The strobostomp has been the first pedal tuner that i've had.... but the reason I bought it is becuase I wanted to avoid having to upgrade, upgrade upgrade, then finally buy the strobostomp. I tend to do that a lot with gear (especially pedals), and I never learn the lesson of "spending a little extra money for pro gear, and quality products will probably save me money in the long run)".

I've had the StroboStomp for about a year now, played close to 75 shows with it, brought it to the UK (dirty power), and have only had one bad experience with it. The plastic nut holding the input connector broke. I simply went to the strobostomp forum, and told them that I had a problem, and they contacted me back within the hour and mailed me out a pair of brand new metal nuts to replace them with the same day.

I'm confident that this pedal will stand the test of time, and if it doesn't, their service department has already impressed me.


----------



## Soldano16 (Sep 14, 2006)

There is MORE to the Peterson than accuracy.

Just as a piano does not sound in tune if every string is tuned to exact mathematical pitch, a guitar need tempered tuning to sound correct on all chords.

Systems like Buzz Fieten are other ways to deal with the problem.

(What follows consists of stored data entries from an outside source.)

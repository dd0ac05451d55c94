use clauses::Literal;

/// What came of a search.
#[derive(Debug, Drop)]
pub enum Outcome {
    /// Values were found: those that the variables now have.
    Satisfied,
    /// There are none: these of the assumptions can't be TRUE together.
    Refuted(Vec<Literal>),
    /// The search ended before, at its bound.
    Ended,
}
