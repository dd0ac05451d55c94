use clauses::Literal;

/// Why a variable has its value.
#[derive(Clone, Copy, Debug, PartialEq, Eq)]
pub(crate) enum Reason {
    /// It was decided.
    Decision,
    /// A clause leaves nothing else: its place among the solver's clauses.
    Clause(usize),
}

/// The value of a variable, and how it came by it.
#[derive(Clone, Copy, Debug)]
pub(crate) struct Known {
    pub(crate) value: bool,
    /// The number of decisions before it, with its own.
    pub(crate) level: usize,
    pub(crate) reason: Reason,
    /// Its place on the trail.
    pub(crate) place: usize,
}

/// What is known of variables, in the order in which it came to be.
#[derive(Drop)]
pub(crate) struct Trail {
    known: Vec<Option<Known>>,
    literals: Vec<Literal>,
    /// The lengths of the trail before each decision.
    levels: Vec<usize>,
    /// The place of the next literal whose watches are to be visited.
    next: usize,
}

impl Trail {
    /// Nothing is known of no variables.
    pub(crate) fn new(alloc: std::alloc::Global) -> Trail {
        Trail {
            known: Vec::new(alloc),
            literals: Vec::new(alloc),
            levels: Vec::new(alloc),
            next: 0,
        }
    }

    /// One more variable, of which nothing is known.
    pub(crate) fn add_variable(&mut self) -> Result<(), std::alloc::AllocError> {
        self.known.push(None)?;
        Ok(())
    }

    /// What is known of a variable.
    pub(crate) fn known(&self, variable: usize) -> Option<Known> {
        self.known.get(variable).copied().flatten()
    }

    /// The value of a literal.
    pub(crate) fn value(&self, literal: Literal) -> Option<bool> {
        match self.known(literal.variable) {
            Some(known) => Some(known.value != literal.is_negated),
            None => None,
        }
    }

    /// How many decisions there are.
    pub(crate) fn level(&self) -> usize {
        self.levels.len()
    }

    /// How many literals there are.
    pub(crate) fn len(&self) -> usize {
        self.literals.len()
    }

    /// The literal at a place.
    pub(crate) fn literal(&self, place: usize) -> Option<Literal> {
        self.literals.get(place).copied()
    }

    /// The literal whose watches are to be visited, which then counts as visited.
    pub(crate) fn take_next(&mut self) -> Option<Literal> {
        let literal = self.literals.get(self.next).copied()?;
        self.next = self.next.saturating_add(1);
        Some(literal)
    }

    /// Begins a new level.
    pub(crate) fn decide(&mut self) -> Result<(), std::alloc::AllocError> {
        self.levels.push(self.literals.len())?;
        Ok(())
    }

    /// A literal becomes TRUE.
    pub(crate) fn assign(
        &mut self,
        literal: Literal,
        reason: Reason,
    ) -> Result<(), std::alloc::AllocError> {
        let known = Known {
            value: !literal.is_negated,
            level: self.levels.len(),
            reason,
            place: self.literals.len(),
        };
        self.literals.push(literal)?;
        if let Some(slot) = self.known.get_mut(literal.variable) {
            *slot = Some(known);
        }
        Ok(())
    }

    /// Forgets the last literal if it is of a level above this one.
    pub(crate) fn undo(&mut self, level: usize) -> Option<Literal> {
        let kept = self.levels.get(level).copied()?;
        if self.literals.len() <= kept {
            self.levels.truncate(level);
            self.next = self.next.min(kept);
            return None;
        }
        let literal = self.literals.pop()?;
        if let Some(slot) = self.known.get_mut(literal.variable) {
            *slot = None;
        }
        Some(literal)
    }
}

The Peterson has a proprietary (they publish all the other tunings but not the guitar one) setting (each sting is tuned slightly up or done to perfect pitch)which when combined with it's accuracy is absolute bliss to those who can hear at that level. I find mine as fast to use as my old Boss TU-2.

Honestly, I would rather give up one of my Les Pauls than be without this tuner. I struggled for years tuning. It almost never sounded quite right. Now it's perfect all the time.

PS - BONUS

Because the Peterson puts you so in tune to start with, you stay in tune better while you play. I sometimes retune once, after the opening one or two songs of a set, but after that, almost never.


----------



## Eric Pykala (Jul 1, 2006)

You can have the most expensive guitar and rig in the world, and if you're out of tune, you still sound freakin' awful. I sold my TU2 when the Strobo came out and never looked back. Aside from the accuracy, it's the only tuner you can actually see outdoors on a sunny day. I used mine outside on Canada Day, was spot-on all day, and my other guitarist with a TU2 was floundering with the fact he DID NOT HAVE A TUNER. I also use it for intonation work, and as the DI for my acoustic rig.
And sorry guys, but if you can't figure out how to use a strobe, take up the drums.-Eric


----------



## Sneaky (Feb 14, 2006)

Anyone tried the new Peterson Flip tuner? How does it compare? And where can you get these in Canada? 

Pete


----------



## pitchshifter (Feb 5, 2006)

Im interested in the FLIP too. Im about to start to record and the TU-2 won't cut it in my books.


----------



## Milkman (Feb 2, 2006)

I picked up the Planet Waves tuner.

True hard bypass
Will power other pedals (DC out)
Nice large stable LCD
Built like a tank
$100 CAD


For stage use, it's a hell of a tuner for a reasonable price.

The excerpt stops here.